Madeline stared at the blank page. Would scented candles help? It was quiet in the apartment, but Madeline could hear voices and passing traffic out on the street. Mozart or Brahms would block that out. Writing a novel on deadline was hard work, especially when she was so preoccupied.
She gazed out the window, down onto Centre Street. Back in the whaling days, Centre Street was known as Petticoat Row, because the men had all gone off on whaling expeditions, leaving behind the women to run the businesses.
Petticoat Row wasn’t a bad title, but Angie was allergic to historical novels. They didn’t sell unless your name was Philippa Gregory.
The streetscape wasn’t as inspiring as Madeline had hoped.

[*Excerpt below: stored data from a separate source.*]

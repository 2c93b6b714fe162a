//! The item of a function has one code.

ghost use Rattle.rust_gen.specs.OneCode.{ExportHasOneCode, ImportHasOneCode, ReturnHasOneCode};

/// In a file the code of a function's item is one: the tables, the function and how its types are written tell it, each name and each item
/// of `_rt` included.
pub fn one_code_law()
    ensures imports { ImportHasOneCode }
    ensures exports { ExportHasOneCode }
    ensures post_returns { ReturnHasOneCode }
{}
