//! Types whose words are those of their members, one after another.

ghost use Rattle.std.specs.Prelude.{◌≡◌, ◌<◌, IsTrue, Some, length, slice_get};
ghost use Rattle.wit_model.specs.TypeOrder.{payload_below};
ghost use Rattle.wit_layout.specs.inside.Sequence.{is_sequence, members, sequence_place};

use wit_model::{TypeDef, TypeDefKind, WitType};

#[tactic(auto, unfolding(crate::specs::inside::Sequence::is_sequence))]
fn is_sequence(kind: &TypeDefKind) -> bool
    ensures { result ≡ is_sequence kind.now }
{
    match kind {
        TypeDefKind::Alias(_) | TypeDefKind::FixedLengthList(_, _) => true,
        TypeDefKind::Tuple(_) | TypeDefKind::Record(_) => true,
        _ => false,
    }
}

/// How many members the kind has.
#[tactic(auto, unfolding(crate::specs::inside::Sequence::members))]
pub(crate) fn member_count(kind: &TypeDefKind) -> usize
    ensures { result ≡ length (members kind.now) }
{
    match kind {
        TypeDefKind::Alias(_) => 1,
        TypeDefKind::FixedLengthList(_, n) => *n as usize,
        TypeDefKind::Tuple(members) => members.len(),
        TypeDefKind::Record(fields) => fields.len(),
        _ => 0,
    }
}

/// The member of the kind in a place, counted from 0.
#[tactic(auto, unfolding(crate::specs::inside::Sequence::members))]
pub(crate) fn member(kind: &TypeDefKind, nth: usize) -> Option<WitType>
    requires { nth < length (members kind.now) }
    ensures { slice_get (members kind.now) nth ≡ Some result }
{
    match kind {
        TypeDefKind::Alias(ty) | TypeDefKind::FixedLengthList(ty, _) => Some(*ty),
        TypeDefKind::Tuple(members) => members.get(nth).copied(),
        TypeDefKind::Record(fields) => fields.get(nth).map(|field| field.ty),
        _ => None,
    }
}

/// The place in the table of a type whose words are those of its members.
#[tactic(auto, unfolding(wit_model::specs::TypeOrder::payload_below, wit_model::specs::TypeOrder::type_below))]
pub(crate) fn sequence_at(types: &[TypeDef], ty: Option<WitType>) -> Option<usize>
    requires { IsTrue (payload_below (length types.now) ty) }
    ensures { result ≡ sequence_place types.now ty }
{
    match ty {
        Some(WitType::Id(id)) if is_sequence(&types[id.0 as usize].kind) => Some(id.0 as usize),
        _ => None,
    }
}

A favor as cherished as a diamond had been cashed in on her behalf. Redd Dreyfus was an old-fashioned New York literary agent. He was rotund, he drank Scotch, he smoked cigars and took editors to lunch at the Grill Room at the Four Seasons, where he ordered the sirloin bloody rare. For some reason, Angie owed him. Angie Turner was whippet thin; she wore pencil skirts and slingbacks. She drank chardonnay and picked at salads. Madeline wondered about the favor. She imagined it involved another author, someone deeply respected and badly behaved. She imagined it involved sex, drugs, or money, though more likely it had to do with foreign rights or a publicity gaffe.
She would have liked to have parsed the particulars of her emotions with Trevor, but Trevor would be in the air. People thought that being a pilot was hard, but once one knew how to fly, it was actually pretty much the same as driving a bus, but with more sex appeal. Because of the sunglasses, Madeline liked to say.